(SUPPLIED MATERIAL)

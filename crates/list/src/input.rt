// The recording in the pieces that reading gives.
use crate::job::{Job, Words};
use console::Failure;
use recording::pieces::Place;
use std::io;
use std::io::{Read, Write};
use text::draft::Draft;

// The fields that end in this piece, and then nothing is held back: who watches sees what was read.
#[tactic(auto, using(recording::proofs::PlaceLaws::step_most, recording::proofs::PlaceLaws::step_some))]
fn take<W: Write, J: Job>(
    output: &mut W,
    job: &mut J,
    start: Place,
    piece: &[u8],
    out: &mut [u8],
) -> io::Result<Place> {
    let mut place = start;
    let mut rest = piece;
    let mut at = 0;
    while !rest.is_empty() {
        let step = job.next(place, rest);
        if let Some(field) = step.seen {
            at = roomy(output, at, out)?;
            at = job.found(field, out, at);
        }
        place = step.place;
        rest = &rest[step.used..];
    }
    console::write_all(output, text::part::front(out, at))?;
    Ok(place)
}

// What is written of one field is at most 65,538 bytes, so that it fits after as many.
fn roomy<W: Write>(output: &mut W, at: usize, out: &[u8]) -> io::Result<usize> {
    if at <= 65538 {
        return Ok(at);
    }
    console::write_all(output, text::part::front(out, at))?;
    Ok(0)
}

// Every 16 MiB, on standard error. A line that cannot be written there is no failure.
fn tell<E: Write>(errors: &mut E, words: Words, before: u64, read: u64) {
    if before / 16777216 == read / 16777216 {
        return;
    }
    let mut line = Draft::<64>::new();
    line.push(words.name);
    line.decimal(read / 1048576);
    line.push(b" MiB of the recording are ");
    line.push(words.done);
    let _ = console::write_all(errors, line.as_slice());
}

// A proved loop has to end, and nothing says that the input does. So it counts its turns, up to a number that no run
// reaches. `replay` has a loop like it: a shared one would be a function over a closure that lends the buffers, no plainer.
pub(crate) fn run<R: Read, W: Write, E: Write, J: Job>(
    input: &mut R,
    output: &mut W,
    errors: &mut E,
    job: &mut J,
) -> Result<(), Failure> {
    let words = job.words();
    let not_written = |why| Failure {
        what: words.writing,
        why,
    };
    let mut chunk = [0u8; 65536];
    let mut out = [0u8; 131328];
    let mut place = recording::pieces::begin();
    let mut read: u64 = 0;
    for _ in 0..u64::MAX {
        let n = input.read(&mut chunk).map_err(|why| Failure {
            what: words.reading,
            why,
        })?;
        if n == 0 {
            let at = job.last(place, &mut out);
            return console::write_all(output, text::part::front(&out, at)).map_err(not_written);
        }
        place = take(output, job, place, &chunk[..n], &mut out).map_err(not_written)?;
        let before = read;
        read = read.saturating_add(n as u64);
        tell(errors, words, before, read);
    }
    Ok(())
}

(End SUPPLIED MATERIAL)

▶ **TRY IT**
Write down only how many lines of the entries above include the word "before".

▶ **PROBLEM SOLUTION**
4